Atividade – Introdução ao Marketing

Dupla: Matheus Dias Camilo

Matricula: 607975

Etapa I -

01) Qual a importância do Marketing para as empresas?

O marketing se torna uma ferramenta de captura das intenções para as empresas,


sendo assim através dele é possível mapear os interesses dos clientes e fazer com
que todos sejam contemplados da melhor forma possível com o que é ofertado.

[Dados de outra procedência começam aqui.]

// Links in one thread and between two.
ghost use Rattle.std.specs.Prelude.{◌≡◌, ◌<◌, [], IfOk};

use super::fixtures::{family, note};
use sq_plan::PartId;
use sq_schema::RowKey;
use sq_shared::{RecvPass, SendPass, SharedLink};
use sq_store::{Chunk, Note};
use std::alloc::Global;
use std::sync::Wait;
use std::test::Fail;
use std::thread;

const CHUNKS: u32 = 1000;

const TRIES: u64 = 50_000_000;

// The chunk of this number, from partition 3 to partition 5, with the family of that root key.
fn chunk(alloc: Global, number: u32) -> Result<Chunk, Fail> {
    let mut families = Vec::new(alloc);
    families.push(family(alloc, number)?)?;
    let lo = u64::from(number);
    let note = Note {
        src: PartId::new(3),
        dst: PartId::new(5),
        lo,
        hi: lo + 1,
        ..note(lo)?
    };
    Ok(Chunk::new(note, families))
}

// Whether it is the chunk of this number, with its family.
fn is_chunk(chunk: &Chunk, number: u32) -> bool {
    let note = chunk.note();
    let [family] = chunk.families() else {
        return false;
    };
    let Some(row) = family.rows().get(RowKey::ROOT) else {
        return false;
    };
    note.number == u64::from(number)
        && note.src.number() == 3
        && note.dst.number() == 5
        && family.root().number() == u64::from(number)
        && row.number() == 7 * i64::from(number)
}

// Whether these are the chunks of the numbers from this one on.
fn are_chunks(chunks: &[Chunk], first: u32) -> bool {
    for (number, chunk) in (first..u32::MAX).zip(chunks) {
        if !is_chunk(chunk, number) {
            return false;
        }
    }
    true
}

// The chunks of the numbers below this one.
fn chunks(alloc: Global, count: u32) -> Result<Vec<Chunk>, Fail> {
    let mut chunks = Vec::new(alloc);
    for number in 0..count {
        chunks.push(chunk(alloc, number)?)?;
    }
    Ok(chunks)
}

// Sends the chunks in order, with at most this many tries, and gives back those that didn't go.
fn send_all<R: Wait>(
    rt: &R,
    link: &SharedLink,
    mut pass: SendPass,
    chunks: Vec<Chunk>,
    tries: u64,
) -> (SendPass, Option<Chunk>)
    requires { pass.queue ≡ link.now.queue }
    ensures { result.0.queue ≡ link.now.queue }
{
    let mut chunks = chunks.into_iter();
    let mut next = chunks.next();
    for _ in 0..tries {
        let Some(chunk) = next else {
            return (pass, None);
        };
        match link.send(rt, &mut pass, chunk) {
            Ok(()) => next = chunks.next(),
            Err(back) => {
                next = Some(back);
                thread::yield_now();
            }
        }
    }
    (pass, next)
}

// Receives as many chunks as the list has room for, if they come.
fn receive_all<R: Wait>(
    rt: &R,
    link: &SharedLink,
    mut pass: RecvPass,
    mut into: Vec<Chunk>,
    tries: u64,
) -> (RecvPass, Vec<Chunk>)
    requires { pass.queue ≡ link.now.queue }
    ensures { result.0.queue ≡ link.now.queue }
{
    for _ in 0..tries {
        if into.len() >= into.capacity() {
            return (pass, into);
        }
        match link.recv(rt, &mut pass) {
            Some(chunk) => into.push_reserved(chunk),
            None => thread::yield_now(),
        }
    }
    (pass, into)
}

// The outcome of one chunk more than a link holds; as many are received as there is room for.
#[derive(Drop)]
struct Carried {
    // The chunk that found no place.
    unsent: Option<Chunk>,
    received: Vec<Chunk>,
    // The chunks that were left when the link was closed.
    left: Vec<Chunk>,
}

// Sends one chunk more than a link holds, and then receives.
fn carry<R: Wait>(rt: &R, alloc: Global, capacity: u32, room: u32) -> Result<Carried, Fail>
    requires { 0 < capacity }
{
    let to_send = chunks(alloc, capacity.saturating_add(1))?;
    let into = Vec::with_capacity(alloc, room as usize)?;
    let count = u64::from(capacity);
    let (link, sender, receiver) = SharedLink::open(alloc, PartId::new(3), PartId::new(5), count)?;
    let (sender, unsent) = send_all(rt, &link, sender, to_send, count + 1);
    let (receiver, received) = receive_all(rt, &link, receiver, into, count + 1);
    Ok(Carried {
        unsent,
        received,
        left: link.close(rt, sender, receiver),
    })
}

// Whether all of them came in their order: as many as there was room for, those that were left, and the one that found no
// place.
fn are_in_order(carried: &Carried, capacity: u32, room: u32) -> bool {
    let came = room.min(capacity);
    let Some(unsent) = &carried.unsent else {
        return false;
    };
    carried.received.len() == came as usize
        && carried.left.len() == (capacity - came) as usize
        && are_chunks(&carried.received, 0)
        && are_chunks(&carried.left, came)
        && is_chunk(unsent, capacity)
}

// How many chunks more than one a link holds, and how many are received.
const SIZES: [(u8, u32); 7] = [(0, 2), (1, 3), (2, 4), (6, 8), (63, 65), (1, 1), (63, 0)];

// Whether all come in their order through such a link.
fn come_in_order<R: Wait>(rt: &R, alloc: Global, capacity: u32, room: u32) -> Result<bool, Fail>
    requires { 0 < capacity }
{
    let carried = carry(rt, alloc, capacity, room)?;
    Ok(are_in_order(&carried, capacity, room))
}

#[test]
fn as_many_as_the_link_holds(rt: HostRuntime) -> Result<(), Fail> {
    for (more, room) in &SIZES {
        let capacity = u32::from(*more) + 1;
        assert!(rt;
            come_in_order(&rt, rt.alloc(), capacity, *room)?,
            "{room} of {capacity}"
        );
    }
    Ok(())
}

#[test]
fn a_thousand_chunks_between_two_threads(rt: HostRuntime) -> Result<(), Fail> {
    let to_send = chunks(rt.alloc(), CHUNKS)?;
    let into = Vec::with_capacity(rt.alloc(), CHUNKS as usize)?;
    let (link, sender, receiver) = SharedLink::open(rt.alloc(), PartId::new(3), PartId::new(5), 4)?;
    let shared = &link;
    let runtime = &rt;
    let (sent, came) = thread::join(
        runtime,
        move ||
            requires { sender.queue ≡ shared.now.queue }
            ensures { result.0.queue ≡ shared.entry.now.queue }
        { send_all(runtime, shared, sender, to_send, TRIES) },
        move ||
            requires { receiver.queue ≡ shared.now.queue }
            ensures { result.0.queue ≡ shared.entry.now.queue }
        { receive_all(runtime, shared, receiver, into, TRIES) },
    );
    let (sender, left) = sent;
    let (receiver, received) = came;
    assert!(rt; left.is_none() && received.len() == CHUNKS as usize && are_chunks(&received, 0));
    assert!(rt; link.close(&rt, sender, receiver).is_empty());
    Ok(())
}
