//! What moves between two plans, as JSON and as a picture, and texts about an opening before it
//! runs: how large its move is, and who owns a root key.
#![tactic(auto)]

mod asked;
mod cutting;
mod json_text;
mod listing;
mod moves_svg;
mod owners;
mod owners_json;
mod proposal;
mod size;
mod size_json;
mod size_lines;
mod size_svg;
mod sizes;
mod svg;

pub use asked::{OpeningTelling, tell_opening};
pub use json_text::moves_json;
pub use listing::{AsJson, AsSvg};
pub use moves_svg::write_moves_svg;
pub use owners::OwnersAsLines;
pub use owners_json::OwnersAsJson;
pub use size::{MovePart, Size};
pub use sizes::SizesAs;
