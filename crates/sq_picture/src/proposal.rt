// Sizes that suit the move of an opening.
ghost use Rattle.std.specs.Prelude.{◌≡◌, ◌<◌, ◌≤◌, None};
ghost use Rattle.sq_moves.specs.Between.{recon_fault};
ghost use Rattle.sq_moves.specs.Refused.{HasFitSizes};
ghost use Rattle.sq_picture.specs.Sizes.{in_64_bits, move_size, size_in_64_bits};
ghost use Rattle.sq_picture.specs.Proposal.{keys_moved, IsWidthFor, chunk_bytes, IsLimitFor};

use crate::size::Size;
use sq_moves::{Config, LOG_LIMIT, MAX_WIDTH, Opening, Recon};

// How many leaves the root keys that move are to make, at most.
const LEAVES_OF_MOVE: u64 = 4_096;

// The least and the most bytes in a chunk that are proposed.
const LEAST_LIMIT: u64 = 1_024;

const MOST_LIMIT: u64 = 65_536;

// A large move has this many chunks, and more if they would exceed `LARGE_LIMIT` bytes.
const CHUNKS_OF_MOVE: u64 = 1_024;

const LARGE_LIMIT: u64 = 16_384;

// How many chunks in a link's queue are proposed.
const CAPACITY: u64 = 4;

/// The sizes that are proposed for the move of an opening: leaves so wide that the root keys that
/// move make at most 4,096, or twice as wide, and so on, until there are few enough segments;
/// chunks of a 1,024th of the bytes that move, up to 16,384, or of a leaf of families of mean size
/// if that is more, in bytes a power of two from 1,024 to 65,536; and 4 chunks in a queue.
pub(crate) fn proposal(opening: &Opening) -> Config
    ensures some_width { 1 ≤ result.width }
    ensures small_width { result.width ≤ MAX_WIDTH }
    ensures few_segments { result.width < MAX_WIDTH
        → recon_fault opening.now.old opening.now.new result.width ≡ None }
    ensures width { IsWidthFor opening.now result.width }
    ensures limit { let size = size_in_64_bits (move_size opening.now) in
        IsLimitFor (chunk_bytes size result.width) result.limit }
    ensures capacity { result.capacity ≡ CAPACITY }
    ensures log_limit { result.log_limit ≡ LOG_LIMIT }
    ensures fit { HasFitSizes result }
{
    let width = width_for(opening);
    Config {
        width,
        limit: limit_for(Size::of_move(opening), width),
        capacity: CAPACITY,
        log_limit: LOG_LIMIT,
    }
}

// The width of a leaf that is proposed.
fn width_for(opening: &Opening) -> u64
    ensures some_width { 1 ≤ result }
    ensures small_width { result ≤ MAX_WIDTH }
    ensures few_segments { result < MAX_WIDTH
        → recon_fault opening.now.old opening.now.new result ≡ None }
    ensures width { IsWidthFor opening.now result }
{
    let (old, new) = (opening.old_plan(), opening.new_plan());
    let mut width = keys_of(opening)
        .div_ceil(LEAVES_OF_MOVE)
        .max(1)
        .min(MAX_WIDTH);
    while width < MAX_WIDTH {
        if Recon::fault(old, new, width).is_none() {
            return width;
        }
        width = (2 * width).min(MAX_WIDTH);
    }
    width
}

// Returns how many root keys move, with rows or without.
fn keys_of(opening: &Opening) -> u64
    ensures { result ≡ in_64_bits (keys_moved opening.now.recon) }
{
    let mut keys: u64 = 0;
    for range in opening.recon().ranges() {
        keys = keys.saturating_add(range.hi.saturating_sub(range.lo));
    }
    keys
}

// The bytes in a chunk that are proposed, for leaves of `width` root keys.
fn limit_for(size: Size, width: u64) -> u64
    ensures most { result ≤ MOST_LIMIT }
    ensures limit { IsLimitFor (chunk_bytes size width) result }
{
    let mean = size.bytes.div_ceil(size.families.max(1));
    let share = (size.bytes / CHUNKS_OF_MOVE).min(LARGE_LIMIT);
    mean.saturating_mul(width)
        .max(share)
        .min(MOST_LIMIT)
        .next_power_of_two()
        .max(LEAST_LIMIT)
        .min(MOST_LIMIT)
}
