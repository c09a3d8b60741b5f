// The size of a move as a picture.
use crate::moves_svg::{
    begun_below, height_of, write_axis, write_column_end, write_column_head, write_numbers,
    write_open_segment, write_segment_end, write_top,
};
use crate::size::{MovePart, Size};
use crate::svg::write_end;
use sq_moves::{Opening, Range};
use std::io;
use std::io::Write;

/// Writes the size of a move as an SVG picture: the picture of what moves, with the size of each
/// reconfiguration range below its segments, the size of each segment, which appears under the
/// pointer, and the size of each stage below the columns.
pub(crate) fn write_picture<W: Write>(writer: &mut W, opening: &Opening) -> io::Result<()> {
    let recon = opening.recon();
    let ranges = recon.ranges();
    write_top(writer, ranges.len(), recon.stages())?;
    for (i, range) in ranges.iter().enumerate() {
        write_column(writer, opening, i, range)?;
    }
    for stage in 0..recon.stages() {
        let y = height_of(ranges.len(), stage) + 12;
        write!(writer, "<text x=\"8\" y=\"{y}\">stage {stage}")?;
        write_phrase(writer, Size::of_part(opening, MovePart::StagePart(stage)))?;
        writer.write_all(b"</text>\n")?;
    }
    write_end(writer)
}

// Writes the column of a range with its size, after `i` other columns.
fn write_column<W: Write>(
    writer: &mut W,
    opening: &Opening,
    i: usize,
    range: &Range,
) -> io::Result<()> {
    let recon = opening.recon();
    write_column_head(writer, i, range)?;
    let first = begun_below(recon.segments(), range.lo);
    let end = begun_below(recon.segments(), range.hi);
    write_axis(writer, first, end.saturating_sub(first))?;
    write_segments(writer, opening, range)?;
    write_end(writer)?;
    write_numbers(writer, first, end, recon.stage_on(range.src, range.dst))?;
    write_caption(writer, Size::of_part(opening, MovePart::RangePart(*range)))?;
    write_column_end(writer)
}

// Writes the segments of a range with their sizes.
fn write_segments<W: Write>(writer: &mut W, opening: &Opening, range: &Range) -> io::Result<()> {
    let segments = opening.recon().segments();
    for (seg, segment) in segments.iter().enumerate() {
        if range.lo <= segment.lo && segment.lo < range.hi {
            write_open_segment(writer, seg)?;
            write_phrase(writer, Size::of_segment(opening, *segment))?;
            write_segment_end(writer)?;
        }
    }
    Ok(())
}

// Writes a size, after the name of what has it.
fn write_phrase<W: Write>(writer: &mut W, size: Size) -> io::Result<()> {
    let Size {
        families,
        rows,
        bytes,
        chunks,
    } = size;
    write!(
        writer,
        ": {families} families, {rows} rows, {bytes} bytes, {chunks} chunks"
    )
}

// Writes a size, on two lines.
fn write_caption<W: Write>(writer: &mut W, size: Size) -> io::Result<()> {
    let Size {
        families,
        rows,
        bytes,
        chunks,
    } = size;
    writeln!(
        writer,
        "<text y=\"181\" font-size=\"10\">{families} families</text><text class=\"end\" x=\"144\" y=\"181\" font-size=\"10\">{rows} rows</text>"
    )?;
    writeln!(
        writer,
        "<text y=\"193\" font-size=\"10\">{bytes} bytes</text><text class=\"end\" x=\"144\" y=\"193\" font-size=\"10\">{chunks} chunks</text>"
    )
}
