// Inputs in parts with a read that fails, and lines that are recalled.
use super::readers::Drip;
use sq_input::{Inserting, Recalled, Recalling};
use std::alloc::Global;
use std::cell::Cell;
use std::io;
use std::io::Read;
use std::test::Fail;

// The bytes before a failed read, in the main part or else in the rows, and whether the next one fails too.
fn read_failing(alloc: Global, fails_in_main: bool) -> (Vec<u8>, bool) {
    let main = Drip {
        rest: b"config\nsta",
        most: 4,
        fails: fails_in_main,
    };
    let rows = Drip {
        rest: b"row 1\n",
        most: 4,
        fails: !fails_in_main,
    };
    let lines = Cell::new(None);
    let mut reader = Inserting::new(main, rows, &lines);
    let mut text = Vec::new(alloc);
    let fails = reader.read_to_end(&mut text).is_err() && reader.read_to_end(&mut text).is_err();
    (text, fails)
}

#[test]
fn a_read_that_fails_is_told(rt: HostRuntime) {
    for (fails_in_main, wanted) in [(true, "config\nrow 1\nsta"), (false, "config\nrow 1\n")] {
        let (text, fails) = read_failing(rt.alloc(), fails_in_main);
        assert!(rt; fails && text.as_slice() == wanted.as_bytes());
    }
}

// How many bytes come by one read after another, and what is recalled of lines then.
const READS: [(usize, &[(usize, Recalled<'static>)]); 3] = [
    (
        6,
        &[(1, Recalled::Line(b"one")), (2, Recalled::Rest(b"tw"))],
    ),
    (
        6,
        &[
            (1, Recalled::Lost),
            (2, Recalled::Line(b"two")),
            (3, Recalled::Rest(b"thre")),
        ],
    ),
    (
        2,
        &[
            (0, Recalled::Lost),
            (2, Recalled::Lost),
            (3, Recalled::Line(b"three")),
            (4, Recalled::Missing),
        ],
    ),
];

// Whether this is recalled of these lines.
fn are_told<R: Read>(reader: &Recalling<R>, lines: &[(usize, Recalled<'_>)]) -> bool {
    for (number, line) in lines {
        if reader.line(*number) != *line {
            return false;
        }
    }
    true
}

#[test]
fn the_lines_of_the_last_read_are_told(rt: HostRuntime) -> Result<(), Fail> {
    let input = Drip {
        rest: b"one\ntwo\nthree\n",
        most: 6,
        fails: false,
    };
    let mut reader = Recalling::new(rt.alloc(), input);
    let mut bytes = [0; 6];
    for (count, lines) in &READS {
        assert!(rt; reader.read(&mut bytes)? == *count && are_told(&reader, lines));
    }
    Ok(())
}

// How many bytes of a line without end are recalled after so many reads of 4,096 bytes, if it is.
fn told_length(alloc: Global, reads: u32) -> Result<Option<usize>, Fail> {
    let mut reader = Recalling::new(alloc, io::repeat(b'x'));
    let mut bytes = [0; 4096];
    for _ in 0..reads {
        reader.read(&mut bytes)?;
    }
    Ok(match reader.line(1) {
        Recalled::Rest(line) => Some(line.len()),
        _ => None,
    })
}

// A line isn't recalled once it is longer than there is room for.
#[test]
fn a_line_without_end_is_lost(rt: HostRuntime) -> Result<(), Fail> {
    assert!(rt; told_length(rt.alloc(), 32)? == Some(131_072));
    assert!(rt; told_length(rt.alloc(), 96)?.is_none());
    Ok(())
}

02) Conforme Peter Drucker “... o objetivo do marketing é tornar supérfluo o


esforço de venda”. Explique essa frase.

Esta frase mostra que se o objetivo do marketing for atingido a venda se torna
natural, pois a estrutura montada para isso contribui para isso, desta forma temos um
processo de vendas assertivo e menos invasivo ao cliente.

03) Qual a proposta de atuação da empresa que trabalha, cada um da dupla, com
relação ao mercado? Vocês analisam que é a proposta ideal? Qual sugerem?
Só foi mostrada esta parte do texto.